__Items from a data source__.
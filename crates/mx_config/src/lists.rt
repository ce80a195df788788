// The table `whitelist`.
ghost use Rattle.std.specs.Prelude.{◌≡◌, ◌≤◌, ◌<◌, [], codes, length};
ghost use Rattle.toml.specs.Data.{get_member};
ghost use Rattle.toml.specs.View.{view, items_view, table_view};
ghost use Rattle.mx_config.specs.Faults.{Gives};
ghost use Rattle.mx_config.specs.Lent.{GivesRows};
ghost use Rattle.mx_config.specs.Lists.{are_texts, digest_at, digest_items, digests_of, few_texts, list_of, list_row};
ghost use Rattle.mx_config.specs.Tables.{rows_from};

use crate::ConfigRefusal;
use crate::fault::{Kind, TableName, refusal};
use crate::row::{Row, row_behind};
use crate::value::{TextForm, member, read_digest_value};
use mx_base::Items;
use sql_whitelist::ListRow;
use std::alloc::Global;
use toml::Value;

/// The keys of a row, in order.
const KEYS: [&str; 3] = ["user", "schema", "digests"];

/// The digests that a row may have.
const MAX_DIGESTS: usize = 10_000;

/// The rows of the whitelist.
pub(crate) fn read_list_rows(
    alloc: Global,
    items: &[Value],
) -> Result<Items<ListRow>, ConfigRefusal>
    requires { length items.now ≤ 1024 }
    ensures { Gives result (rows_from list_row [] (items_view items.now)) }
{
    let mut rows = Items::new(alloc);
    for value in items {
        let row = read_list_row(alloc, rows.as_slice(), value)?;
        rows.push(row)?;
    }
    Ok(rows)
}

// The row of the whitelist behind the rows so far.
#[tactic(auto, unfolding(crate::specs::Lists::list_row))]
fn read_list_row(alloc: Global, before: &[ListRow], value: &Value) -> Result<ListRow, ConfigRefusal>
    requires { length before.now < 1024 }
    ensures { Gives result (list_row before.now (view value.now)) }
{
    let row = row_behind(alloc, TableName::Whitelist, before.len(), value, &KEYS)?;
    read_list(&row)
}

#[tactic(auto, using(crate::proofs::Steps::steps), unfolding(crate::specs::Lists::list_of))]
fn read_list(row: &Row) -> Result<ListRow, ConfigRefusal>
    ensures { Gives result (list_of row.now.place (table_view row.now.members.now)) }
{
    let user = row.text("user", None, TextForm::Any)?;
    let schema = row.text("schema", None, TextForm::Any)?;
    let digests = read_digests(row)?;
    Ok(ListRow {
        user,
        schema,
        digests,
    })
}

// The hashes of the key `digests`.
#[tactic(auto, using(crate::proofs::Steps::steps), unfolding(crate::specs::Lists::digests_of))]
fn read_digests(row: &Row) -> Result<Items<u64>, ConfigRefusal>
    ensures { Gives result (digests_of row.now.place (get_member (codes "digests") (table_view row.now.members.now))) }
{
    match member(row.members, "digests") {
        Some(value) => {
            let items = digest_items(row, value)?;
            read_hashes(row, items)
        }
        None => Err(refusal(row.alloc, row.place, Kind::MissingKey, "digests")),
    }
}

// The texts of a list that isn't too long.
#[tactic(auto, unfolding(crate::specs::Lists::digest_items))]
fn digest_items<'a>(row: &Row, value: &'a Value) -> Result<&'a [Value], ConfigRefusal>
    ensures { GivesRows result (digest_items row.now.place (view value.now)) }
{
    match value.as_array() {
        Some(items) => few_texts(row, items.as_slice()),
        None => Err(refusal(row.alloc, row.place, Kind::WrongType, "digests")),
    }
}

#[tactic(auto, using(crate::proofs::Documents::counting))]
fn few_texts<'a>(row: &Row, items: &'a [Value]) -> Result<&'a [Value], ConfigRefusal>
    ensures { GivesRows result (few_texts row.now.place (items_view items.now)) }
{
    if !are_texts(items) {
        return Err(refusal(row.alloc, row.place, Kind::WrongType, "digests"));
    }
    if MAX_DIGESTS < items.len() {
        return Err(refusal(row.alloc, row.place, Kind::OutOfRange, "digests"));
    }
    Ok(items)
}

fn are_texts(items: &[Value]) -> bool
    ensures { result ≡ are_texts (items_view items.now) }
{
    for item in items {
        if item.as_str().is_none() {
            return false;
        }
    }
    true
}

fn read_hashes(row: &Row, items: &[Value]) -> Result<Items<u64>, ConfigRefusal>
    ensures { Gives result (rows_from (λ _ entry. digest_at row.now.place entry) [] (items_view items.now)) }
{
    let mut hashes = Items::new(row.alloc);
    for value in items {
        let hash = read_hash(row, value)?;
        hashes.push(hash)?;
    }
    Ok(hashes)
}

fn read_hash(row: &Row, value: &Value) -> Result<u64, ConfigRefusal>
    ensures { Gives result (digest_at row.now.place (view value.now)) }
{
    match read_digest_value(value) {
        Ok(hash) => Ok(hash),
        Err(kind) => Err(refusal(row.alloc, row.place, kind, "digests")),
    }
}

__Task objective__.
With the first line of the records as the start and the line holding "length before.now <" as the end, please copy exactly those lines and no others.

__Reply to the exercise__.
filename crates/mx_config/src/lists.rt
repository ce80a195df788788
// The table `whitelist`.
ghost use Rattle.std.specs.Prelude.{◌≡◌, ◌≤◌, ◌<◌, [], codes, length};
ghost use Rattle.toml.specs.Data.{get_member};
ghost use Rattle.toml.specs.View.{view, items_view, table_view};
ghost use Rattle.mx_config.specs.Faults.{Gives};
ghost use Rattle.mx_config.specs.Lent.{GivesRows};
ghost use Rattle.mx_config.specs.Lists.{are_texts, digest_at, digest_items, digests_of, few_texts, list_of, list_row};
ghost use Rattle.mx_config.specs.Tables.{rows_from};

use crate::ConfigRefusal;
use crate::fault::{Kind, TableName, refusal};
use crate::row::{Row, row_behind};
use crate::value::{TextForm, member, read_digest_value};
use mx_base::Items;
use sql_whitelist::ListRow;
use std::alloc::Global;
use toml::Value;

/// The keys of a row, in order.
const KEYS: [&str; 3] = ["user", "schema", "digests"];

/// The digests that a row may have.
const MAX_DIGESTS: usize = 10_000;

/// The rows of the whitelist.
pub(crate) fn read_list_rows(
    alloc: Global,
    items: &[Value],
) -> Result<Items<ListRow>, ConfigRefusal>
    requires { length items.now ≤ 1024 }
    ensures { Gives result (rows_from list_row [] (items_view items.now)) }
{
    let mut rows = Items::new(alloc);
    for value in items {
        let row = read_list_row(alloc, rows.as_slice(), value)?;
        rows.push(row)?;
    }
    Ok(rows)
}

// The row of the whitelist behind the rows so far.
#[tactic(auto, unfolding(crate::specs::Lists::list_row))]
fn read_list_row(alloc: Global, before: &[ListRow], value: &Value) -> Result<ListRow, ConfigRefusal>
    requires { length before.now < 1024 }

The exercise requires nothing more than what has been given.